I want to show this identity then I thought of the following proof, let me know if it's ok or need some tweaking.
$$wt(x+y) = \# \text{of non 0's in (x+y)}=\#\text{of non zero in x and zero in y}+\#\text{of zero in x and non-zero in y}=wt(x)-wt(x*y)+wt(y)-wt(x*y)$$
Now obviously they are symmetric so I thought to myself it's enough to prove for the first term above.
If we subtract from $\# \text{of non zeros in x}$, $wt(x*y)$, we get $\# \text{of non zero in x and zero in y}$. If there's a $0$ in $y$ and a nonzero in $x$ then subtract from $wt(x)$ the $\# \text{ of nonzeros in x the # of nonzeros in $x*y$}$. And this justifies the claim.

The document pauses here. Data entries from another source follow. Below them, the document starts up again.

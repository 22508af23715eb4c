ghost use Rattle.std.specs.Prelude.{◌≡◌, ◌<◌, ◌≤◌, ◌^◌, IfOk, OnOk, IsTrue, length, Some};
ghost use Rattle.wd_graph.specs.Names.{names_differ, targets, worker_in};
ghost use Rattle.wd_graph.specs.Graph.{targets_in};
ghost use Rattle.wd_graph.specs.Walk.{met, met_number, met_name, met_names, visited, MarkReach, numbers_from};

use crate::directory::Directory;
use std::alloc::Global;
use wd_base::{BindValue, Kind, NoMemory, Seq, Service, ServiceNo, WorkerDef};

/// The services that a walk has met: a mark at the number of each, and their numbers in the order
/// in which they were met.
#[derive(Debug, Drop)]
pub(crate) struct Walk {
    marks: Seq<bool>,
    order: Seq<u32>,
}

/// Marks at the services that the service `from` reaches. Each of them is visited once.
pub(crate) fn marks_from(
    alloc: Global,
    directory: &Directory,
    from: u32,
) -> Result<Seq<bool>, NoMemory>
    requires within { from < length directory.now }
    requires few { length directory.now < 2 ^ 32 }
    requires differ { IsTrue (names_differ directory.now) }
    ensures { IfOk result (λ marks. MarkReach directory.now from marks) }
{
    let marks = vec![in alloc; false; directory.services().len()]?;
    let mut walk = Walk {
        marks: Seq::from_vec(marks),
        order: Seq::new(alloc),
    };
    meet(&mut walk, from)?;
    let mut at = 0;
    while at < walk.order.len() {
        let by = walk.order.as_slice()[at];
        visit(directory, by, &mut walk)?;
        at += 1;
    }
    Ok(walk.marks)
}

/// Meets what the service `by` can fetch from.
fn visit(directory: &Directory, by: u32, walk: &mut Walk) -> Result<(), NoMemory>
    ensures { OnOk result (walk.new ≡ visited directory.now by walk.old) }
{
    match directory.services().get(by as usize) {
        Some(service) => visit_service(directory, service, walk),
        None => Ok(()),
    }
}

/// Meets what a service can fetch from.
fn visit_service(directory: &Directory, service: &Service, walk: &mut Walk) -> Result<(), NoMemory>
    ensures { OnOk result (walk.new ≡ met_names directory.now walk.old (targets_in (worker_in service.now.kind))) }
{
    match &service.kind {
        Kind::Worker(worker) => visit_worker(directory, worker, walk),
        _ => Ok(()),
    }
}

/// Meets what a Worker can fetch from.
fn visit_worker(directory: &Directory, worker: &WorkerDef, walk: &mut Walk) -> Result<(), NoMemory>
    ensures { OnOk result (walk.new ≡ met_names directory.now walk.old (targets worker.now)) }
{
    for binding in worker.bindings.as_slice() {
        if let BindValue::Service(name) = &binding.value {
            meet_name(directory, name.as_slice(), walk)?;
        }
    }
    meet_name(directory, worker.outbound.as_slice(), walk)
}

/// Meets the service of this name.
fn meet_name(directory: &Directory, name: &[u8], walk: &mut Walk) -> Result<(), NoMemory>
    ensures { OnOk result (walk.new ≡ met_name directory.now walk.old name.now) }
{
    match directory.number(name) {
        Some(number) => meet(walk, number),
        None => Ok(()),
    }
}

/// Marks a service that was not met before.
fn meet(walk: &mut Walk, number: u32) -> Result<(), NoMemory>
    ensures { OnOk result (walk.new ≡ met walk.old number) }
{
    match walk.marks.get(number as usize) {
        Some(false) => {
            walk.marks.set(number as usize, true);
            walk.order.push(number)
        }
        _ => Ok(()),
    }
}

/// The numbers at which there are marks.
pub(crate) fn numbers_of(alloc: Global, marks: &[bool]) -> Result<Seq<ServiceNo>, NoMemory>
    requires { length marks.now < 2 ^ 32 }
    ensures { IfOk result (λ numbers. numbers ≡ numbers_from 0 marks.now) }
{
    let mut numbers = Seq::new(alloc);
    for (number, mark) in marks.iter().enumerate() {
        if *mark {
            numbers.push(ServiceNo(number as u32))?;
        }
    }
    Ok(numbers)
}
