ghost use Rattle.std.specs.Prelude.{◌≡◌, ◌&&◌, Ok, Err, IfOk, nat_lt, pos, if◌then◌else◌};
ghost use Rattle.js_ops.specs.declared.kinds.Fault.TheVariants.{NotSafe};
ghost use Rattle.std.specs.List.{list_all};
ghost use Rattle.js_arena.specs.Keys.{is_digit};
ghost use Rattle.js_ops.specs.Convert.{to_text, plain_text, to_number, plain_number, text_number, spelled_number};
ghost use Rattle.js_ops.specs.Convert.{digits_number, negated, truth, plain_truth};
ghost use Rattle.js_ops.specs.Capped.{digit_step, capped};

use crate::kinds::Fault;
use crate::numbers::difference;
use js_arena::{Arena, Value};
use std::alloc::Global;
use wd_base::{NoMemory, Seq, Units, decimal};

/// The units that are the bytes' numbers.
pub fn widened(alloc: Global, bytes: &[u8]) -> Result<Units, NoMemory>
    ensures { IfOk result (λ units. units ≡ bytes.now) }
{
    let mut units = Vec::with_capacity(alloc, bytes.len())?;
    for byte in bytes {
        if units.push(*byte as u16).is_err() {
            return Err(NoMemory);
        }
    }
    Ok(Seq::from_vec(units))
}

fn decimal_units(alloc: Global, number: i64) -> Result<Units, NoMemory>
    ensures { IfOk result (λ units. Ok units ≡ plain_text (Value.Number number)) }
{
    let text = decimal(alloc, number)?;
    widened(alloc, text.as_slice())
}

/// The text of a value that is no string.
fn plain_text(alloc: Global, value: Value) -> Result<Result<Units, Fault>, NoMemory>
    ensures { IfOk result (λ text. text ≡ plain_text value) }
{
    match value {
        Value::Undefined => Ok(Ok(widened(alloc, b"undefined")?)),
        Value::Null => Ok(Ok(widened(alloc, b"null")?)),
        Value::Bool(true) => Ok(Ok(widened(alloc, b"true")?)),
        Value::Bool(false) => Ok(Ok(widened(alloc, b"false")?)),
        Value::Number(number) => Ok(Ok(decimal_units(alloc, number)?)),
        _ => Ok(Err(Fault::NotConvertible)),
    }
}

/// The text of a value (ECMA-262, section 7.1.17): a string as it is, a number in decimal, `true`,
/// `false`, `null` or `undefined`. Any other value is not convertible.
pub fn text_of_value(
    alloc: Global,
    arena: &Arena,
    value: Value,
) -> Result<Result<Units, Fault>, NoMemory>
    ensures { IfOk result (λ text. text ≡ to_text value arena.now) }
{
    match arena.text(value) {
        Some(units) => Ok(Ok(Seq::copy(alloc, units)?)),
        None => plain_text(alloc, value),
    }
}

fn is_digit(unit: u16) -> bool
    ensures { result ≡ is_digit unit }
{
    48 <= unit && unit <= 57
}

fn all_digits(units: &[u16]) -> bool
    ensures { result ≡ list_all is_digit units.now }
{
    units.iter().all(|unit| is_digit(*unit))
}

/// The number that one more digit makes, and 2 ^ 53 where it is that or more.
fn with_digit(number: u64, unit: u16) -> u64
    ensures { result ≡ digit_step number unit }
{
    let digit = unit.saturating_sub(48) as u128;
    let more = number as u128 * 10 + digit;
    if more < 9007199254740992 {
        more as u64
    } else {
        9007199254740992
    }
}

fn capped(units: &[u16]) -> u64
    ensures { result ≡ capped units.now }
{
    units
        .iter()
        .fold(0, |number, unit| with_digit(number, *unit))
}

fn below_greatest(digits: bool, number: u64) -> Result<i64, Fault>
    ensures { result ≡ (if digits && nat_lt number 9007199254740992 then Ok (pos number) else Err NotSafe) }
{
    if digits && number < 9007199254740992 {
        Ok(number as i64)
    } else {
        Err(Fault::NotSafe)
    }
}

/// The number that digits spell, where it is safe.
#[tactic(auto, using(crate::proofs::Digits::same_number))]
fn spelled_number(units: &[u16]) -> Result<i64, Fault>
    ensures { result ≡ spelled_number units.now }
{
    below_greatest(all_digits(units), capped(units))
}

/// The number of digits, one at least.
fn digits_number(units: &[u16]) -> Result<i64, Fault>
    ensures { result ≡ digits_number units.now }
{
    match units {
        [] => Err(Fault::NotSafe),
        [_, ..] => spelled_number(units),
    }
}

/// The number with the other sign.
pub fn negated(number: Result<i64, Fault>) -> Result<i64, Fault>
    ensures { result ≡ negated number }
{
    match number {
        Ok(n) => difference(0, n),
        Err(fault) => Err(fault),
    }
}

/// The number of a string.
fn text_number(units: &[u16]) -> Result<i64, Fault>
    ensures { result ≡ text_number units.now }
{
    match units {
        [] => Ok(0),
        [first, rest @ ..] => if *first == 45 {
            negated(digits_number(rest))
        } else {
            digits_number(units)
        },
    }
}

/// The number of a value that is no string.
fn plain_number(value: Value) -> Result<i64, Fault>
    ensures { result ≡ plain_number value }
{
    match value {
        Value::Undefined => Err(Fault::NotSafe),
        Value::Null => Ok(0),
        Value::Bool(true) => Ok(1),
        Value::Bool(false) => Ok(0),
        Value::Number(number) => Ok(number),
        _ => Err(Fault::NotConvertible),
    }
}

/// The number of a value (ECMA-262, section 7.1.4): a number as it is, 1 of true, 0 of false, null
/// and the empty string, and that of an optional `-` and digits where it is a safe integer.
/// Undefined and other strings are not a safe integer, and any other value is not convertible.
pub fn to_number(arena: &Arena, value: Value) -> Result<i64, Fault>
    ensures { result ≡ to_number value arena.now }
{
    match arena.text(value) {
        Some(units) => text_number(units),
        None => plain_number(value),
    }
}

fn plain_truth(value: Value) -> bool
    ensures { result ≡ plain_truth value }
{
    match value {
        Value::Undefined => false,
        Value::Null => false,
        Value::Bool(b) => b,
        Value::Number(number) => number != 0,
        _ => true,
    }
}

/// The truth of a value (ECMA-262, section 7.1.2): false for undefined, null, false, 0 and the
/// empty string.
pub fn truth(arena: &Arena, value: Value) -> bool
    ensures { result ≡ truth value arena.now }
{
    match arena.text(value) {
        Some(units) => 0 < units.len(),
        None => plain_truth(value),
    }
}
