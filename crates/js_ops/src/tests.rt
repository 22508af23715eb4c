use crate::{Binary, Unary, binary, unary};
use js_arena::{Arena, CellNo, ErrKind, Msg, NameSpace, Native, OpEnd, Value};
use std::alloc::Global;
use std::test::Fail;
use wd_base::{NoMemory, Seq, Units, units_of};

/// What an operation came to: a value that is no string, the units of a string, or what is thrown.
#[derive(Clone, Copy)]
enum Came {
    Is(Value),
    Says(&'static [u8]),
    NotConvertible,
    NotSafe,
    ByZero,
    Full,
}

fn texts(alloc: Global) -> Result<Seq<Units>, NoMemory> {
    let mut texts = Seq::new(alloc);
    texts.push(units_of(alloc, b"")?)?;
    texts.push(units_of(alloc, b"12")?)?;
    texts.push(units_of(alloc, b"-3")?)?;
    texts.push(units_of(alloc, b"b")?)?;
    texts.push(units_of(alloc, b"9007199254740992")?)?;
    Ok(texts)
}

const EMPTY: Value = Value::Literal(0);

const TWELVE: Value = Value::Literal(1);

const MINUS_THREE: Value = Value::Literal(2);

const B: Value = Value::Literal(3);

const TOO_LARGE: Value = Value::Literal(4);

const TRUE: Value = Value::Bool(true);

const FALSE: Value = Value::Bool(false);

const OBJECT: Value = Value::Cell(CellNo(0));

const JSON: Value = Value::Native(Native::NameSpace(NameSpace::Json));

const MOST: i64 = 9007199254740991;

/// The string has the units of these bytes.
fn says(alloc: Global, arena: &Arena, value: Value, text: &[u8]) -> Result<bool, NoMemory> {
    let units = units_of(alloc, text)?;
    match arena.text(value) {
        Some(found) => Ok(*found == *units.as_slice()),
        None => Ok(false),
    }
}

fn is_as(
    alloc: Global,
    arena: &Arena,
    found: Result<Value, OpEnd>,
    came: &Came,
) -> Result<bool, NoMemory> {
    match (found, came) {
        (Err(OpEnd::NoMemory), _) => Err(NoMemory),
        (Ok(value), Came::Says(text)) => says(alloc, arena, value, text),
        (Ok(value), Came::Is(wanted)) => Ok(value == *wanted),
        (Err(OpEnd::Throw(ErrKind::TypeError, Msg::NotConvertible)), Came::NotConvertible) => Ok(
            true,
        ),
        (Err(OpEnd::Throw(ErrKind::RangeError, Msg::NotSafe)), Came::NotSafe) => Ok(true),
        (Err(OpEnd::Throw(ErrKind::RangeError, Msg::DivisionByZero)), Came::ByZero) => Ok(true),
        (Err(OpEnd::Full), Came::Full) => Ok(true),
        _ => Ok(false),
    }
}

// The heap of the last two rows has room for a string of two units and no more.
#[test]
fn operators_are_those_of_the_table(rt: HostRuntime) -> Result<(), Fail> {
    let rows: [(u32, Binary, Value, Value, Came); 46] = [
        (
            99,
            Binary::Add,
            Value::Number(2),
            Value::Number(3),
            Came::Is(Value::Number(5)),
        ),
        (
            99,
            Binary::Add,
            Value::Number(MOST),
            Value::Number(1),
            Came::NotSafe,
        ),
        (
            99,
            Binary::Add,
            Value::Number(1),
            TWELVE,
            Came::Says(b"112"),
        ),
        (
            99,
            Binary::Add,
            MINUS_THREE,
            Value::Number(-4),
            Came::Says(b"-3-4"),
        ),
        (
            99,
            Binary::Add,
            B,
            Value::Undefined,
            Came::Says(b"bundefined"),
        ),
        (99, Binary::Add, Value::Null, B, Came::Says(b"nullb")),
        (99, Binary::Add, TRUE, EMPTY, Came::Says(b"true")),
        (99, Binary::Add, EMPTY, FALSE, Came::Says(b"false")),
        (
            99,
            Binary::Add,
            TRUE,
            Value::Null,
            Came::Is(Value::Number(1)),
        ),
        (
            99,
            Binary::Add,
            Value::Number(1),
            Value::Undefined,
            Came::NotSafe,
        ),
        (99, Binary::Add, B, OBJECT, Came::NotConvertible),
        (
            99,
            Binary::Add,
            OBJECT,
            Value::Number(1),
            Came::NotConvertible,
        ),
        (
            99,
            Binary::Subtract,
            TWELVE,
            MINUS_THREE,
            Came::Is(Value::Number(15)),
        ),
        (
            99,
            Binary::Subtract,
            Value::Number(-MOST),
            Value::Number(1),
            Came::NotSafe,
        ),
        (
            99,
            Binary::Subtract,
            Value::Undefined,
            OBJECT,
            Came::NotSafe,
        ),
        (
            99,
            Binary::Subtract,
            OBJECT,
            Value::Undefined,
            Came::NotConvertible,
        ),
        (99, Binary::Subtract, B, Value::Number(1), Came::NotSafe),
        (
            99,
            Binary::Subtract,
            TOO_LARGE,
            Value::Number(1),
            Came::NotSafe,
        ),
        (
            99,
            Binary::Multiply,
            Value::Number(0),
            Value::Number(-5),
            Came::Is(Value::Number(0)),
        ),
        (
            99,
            Binary::Multiply,
            Value::Number(94906267),
            Value::Number(94906267),
            Came::NotSafe,
        ),
        (
            99,
            Binary::Divide,
            Value::Number(-12),
            Value::Number(4),
            Came::Is(Value::Number(-3)),
        ),
        (
            99,
            Binary::Divide,
            Value::Number(7),
            Value::Number(2),
            Came::NotSafe,
        ),
        (99, Binary::Divide, Value::Number(7), EMPTY, Came::ByZero),
        (
            99,
            Binary::Remainder,
            Value::Number(-7),
            Value::Number(4),
            Came::Is(Value::Number(-3)),
        ),
        (
            99,
            Binary::Remainder,
            Value::Number(7),
            Value::Number(-4),
            Came::Is(Value::Number(3)),
        ),
        (
            99,
            Binary::Remainder,
            Value::Number(7),
            Value::Null,
            Came::ByZero,
        ),
        (99, Binary::Less, TWELVE, B, Came::Is(TRUE)),
        (99, Binary::Less, TWELVE, Value::Number(3), Came::Is(FALSE)),
        (99, Binary::Less, MINUS_THREE, TWELVE, Came::Is(TRUE)),
        (
            99,
            Binary::LessEqual,
            Value::Null,
            Value::Number(0),
            Came::Is(TRUE),
        ),
        (99, Binary::Greater, TRUE, FALSE, Came::Is(TRUE)),
        (99, Binary::GreaterEqual, B, B, Came::Is(TRUE)),
        (
            99,
            Binary::GreaterEqual,
            Value::Undefined,
            Value::Number(0),
            Came::NotSafe,
        ),
        (
            99,
            Binary::Less,
            Value::Number(0),
            OBJECT,
            Came::NotConvertible,
        ),
        (99, Binary::Identical, TWELVE, TWELVE, Came::Is(TRUE)),
        (
            99,
            Binary::Identical,
            TWELVE,
            Value::Number(12),
            Came::Is(FALSE),
        ),
        (99, Binary::Identical, OBJECT, OBJECT, Came::Is(TRUE)),
        (
            99,
            Binary::Identical,
            OBJECT,
            Value::Cell(CellNo(1)),
            Came::Is(FALSE),
        ),
        (
            99,
            Binary::Identical,
            Value::Null,
            Value::Undefined,
            Came::Is(FALSE),
        ),
        (99, Binary::Identical, JSON, JSON, Came::Is(TRUE)),
        (99, Binary::Identical, FALSE, FALSE, Came::Is(TRUE)),
        (
            99,
            Binary::NotIdentical,
            Value::Number(1),
            Value::Number(1),
            Came::Is(FALSE),
        ),
        (99, Binary::NotIdentical, B, EMPTY, Came::Is(TRUE)),
        (6, Binary::Add, TWELVE, EMPTY, Came::Says(b"12")),
        (6, Binary::Add, TWELVE, B, Came::Full),
        (6, Binary::Add, TWELVE, OBJECT, Came::NotConvertible),
    ];
    let alloc = rt.alloc();
    for (limit, op, a, b, came) in &rows {
        let mut arena = Arena::new(alloc, *limit).with_texts(texts(alloc)?);
        let found = binary(alloc, &mut arena, *op, *a, *b);
        assert!(rt; is_as(alloc, &arena, found, came)?);
    }
    Ok(())
}

#[test]
fn operators_before_an_operand_are_those_of_the_table(rt: HostRuntime) -> Result<(), Fail> {
    let rows: [(Unary, Value, Came); 16] = [
        (Unary::Not, EMPTY, Came::Is(TRUE)),
        (Unary::Not, B, Came::Is(FALSE)),
        (Unary::Not, Value::Number(0), Came::Is(TRUE)),
        (Unary::Not, Value::Undefined, Came::Is(TRUE)),
        (Unary::Not, OBJECT, Came::Is(FALSE)),
        (Unary::Negate, Value::Number(0), Came::Is(Value::Number(0))),
        (Unary::Negate, MINUS_THREE, Came::Is(Value::Number(3))),
        (Unary::Negate, Value::Undefined, Came::NotSafe),
        (Unary::Negate, OBJECT, Came::NotConvertible),
        (Unary::TypeOf, Value::Undefined, Came::Says(b"undefined")),
        (Unary::TypeOf, Value::Null, Came::Says(b"object")),
        (Unary::TypeOf, TRUE, Came::Says(b"boolean")),
        (Unary::TypeOf, Value::Number(1), Came::Says(b"number")),
        (Unary::TypeOf, B, Came::Says(b"string")),
        (Unary::TypeOf, JSON, Came::Says(b"object")),
        (
            Unary::TypeOf,
            Value::Native(Native::IsArray),
            Came::Says(b"function"),
        ),
    ];
    let alloc = rt.alloc();
    for (op, value, came) in &rows {
        let mut arena = Arena::new(alloc, 99).with_texts(texts(alloc)?);
        let found = unary(alloc, &mut arena, *op, *value);
        assert!(rt; is_as(alloc, &arena, found, came)?);
    }
    Ok(())
}
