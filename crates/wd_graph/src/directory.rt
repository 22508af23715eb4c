ghost use Rattle.std.specs.Prelude.{◌≡◌, ◌<◌, ◌^◌, IfOk, length, drop};
ghost use Rattle.wd_graph.specs.Index.{IsIndexFrom};

use std::alloc::Global;
use std::collections::BTreeMap;
use std::marker::Model;
use wd_base::{NoMemory, Service, Services};

/// Services with an index of their names. Contracts see it as the list of the services.
#[derive(Debug, Drop)]
pub(crate) struct Directory {
    services: Services,
    index: BTreeMap<Vec<u8>, u32>,
}

impl Model for Directory {
    ghost use Rattle.std.specs.Prelude.{List};
    ghost use Rattle.wd_base.specs.declared.config.Service.{Service};
    ghost use Rattle.wd_graph.specs.Index.{IsIndex};

    ghost Value = { List Service };

    ghost view = { λ d. d.services };

    ghost invariant = { λ d. IsIndex d.services d.index.entries };
}

impl Directory {
    ghost use Rattle.std.specs.Prelude.{◌≡◌, ◌<◌, ◌^◌, IfOk, length};
    ghost use Rattle.wd_graph.specs.Index.{IsIndex};
    ghost use Rattle.wd_graph.specs.Names.{number_of};

    /// The services with their index, in near linear time.
    pub(crate) fn new(alloc: Global, services: Services) -> Result<Directory, NoMemory>
        requires { length services < 2 ^ 32 }
        ensures { IfOk result (λ directory. directory ≡ services) }
    {
        let index = index_of(alloc, services.as_slice())?;
        Ok(Directory { services, index })
    }

    /// The services, in the order of their numbers.
    pub(crate) fn services(&self) -> &Services
        ensures { result.now ≡ self.now }
    {
        &self.services
    }

    /// The number of the service of this name, in logarithmic time.
    pub(crate) fn number(&self, name: &[u8]) -> Option<u32>
        ensures { result ≡ number_of name.now self.now }
    {
        match self.index.get(name) {
            Some(place) => Some(*place),
            None => None,
        }
    }
}

/// The numbers of the services by their names.
fn index_of(alloc: Global, services: &[Service]) -> Result<BTreeMap<Vec<u8>, u32>, NoMemory>
    requires { length services.now < 2 ^ 32 }
    ensures { IfOk result (λ index. IsIndexFrom 0 services.now index.entries) }
{
    let mut index = BTreeMap::new(alloc);
    let mut left = services.len();
    while left > 0 {
        left -= 1;
        let name = Vec::from_slice(alloc, services[left].name.as_slice())?;
        if index.insert(name, left as u32).is_err() {
            return Err(NoMemory);
        }
    }
    Ok(index)
}
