ghost use Rattle.std.specs.Prelude.{◌≡◌};
ghost use Rattle.js_ops.specs.Numbers.{sum, difference, product, quotient, exact, remainder, is_safe, result_of};

use crate::kinds::{Fault, NumberOp};

fn is_safe(number: i64) -> bool
    ensures { result ≡ is_safe number }
{
    -9007199254740991 <= number && number <= 9007199254740991
}

/// The sum, where it is a safe integer.
pub fn sum(a: i64, b: i64) -> Result<i64, Fault>
    ensures { result ≡ sum a b }
{
    match a.checked_add(b) {
        Some(c) if -9007199254740991 <= c && c <= 9007199254740991 => Ok(c),
        _ => Err(Fault::NotSafe),
    }
}

/// The difference, where it is a safe integer.
pub fn difference(a: i64, b: i64) -> Result<i64, Fault>
    ensures { result ≡ difference a b }
{
    match a.checked_sub(b) {
        Some(c) if -9007199254740991 <= c && c <= 9007199254740991 => Ok(c),
        _ => Err(Fault::NotSafe),
    }
}

/// The product, where it is a safe integer.
pub fn product(a: i64, b: i64) -> Result<i64, Fault>
    ensures { result ≡ product a b }
{
    match a.checked_mul(b) {
        Some(c) if -9007199254740991 <= c && c <= 9007199254740991 => Ok(c),
        _ => Err(Fault::NotSafe),
    }
}

/// The quotient, where the division is exact and gives a safe integer.
pub fn quotient(a: i64, b: i64) -> Result<i64, Fault>
    ensures { result ≡ quotient a b }
{
    if b == 0 {
        return Err(Fault::DivisionByZero);
    }
    match a.checked_div(b) {
        Some(c) if a.wrapping_rem(b) == 0 && is_safe(c) => Ok(c),
        _ => Err(Fault::NotSafe),
    }
}

/// What a division toward zero leaves, with the sign of the dividend.
pub fn remainder(a: i64, b: i64) -> Result<i64, Fault>
    ensures { result ≡ remainder a b }
{
    if b == 0 {
        return Err(Fault::DivisionByZero);
    }
    let rest = a.wrapping_rem(b);
    if is_safe(rest) {
        Ok(rest)
    } else {
        Err(Fault::NotSafe)
    }
}

/// The result of an operation on two numbers.
pub fn result_of(op: NumberOp, a: i64, b: i64) -> Result<i64, Fault>
    ensures { result ≡ result_of op a b }
{
    match op {
        NumberOp::Sum => sum(a, b),
        NumberOp::Difference => difference(a, b),
        NumberOp::Product => product(a, b),
        NumberOp::Quotient => quotient(a, b),
        NumberOp::Remainder => remainder(a, b),
    }
}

Is this right, or there's another subtler justification?
Thanks.
Your reasoning is correct. You want to prove that $w(x+y)=w(x)+w(y)-2 w(x*y)$, where $w(x)$ denotes the number of 1's in the vector $x$ and $x*y := (x_1 y_1, \ldots, x_n y_n)$. The left hand side $w(x+y)$ counts the number of coordinates $i$ where exactly one of $x_i$ or $y_i$ is 1. On the right hand side, $w(x)+w(y)$ overestimates the left hand side when both $x_i$ and $y_i$ are equal to 1: these coordinates $i$ contribute 0 to the left hand side but 2 to $w(x)+w(y)$. So we need to subtract $2w(x*y)$ to get equality.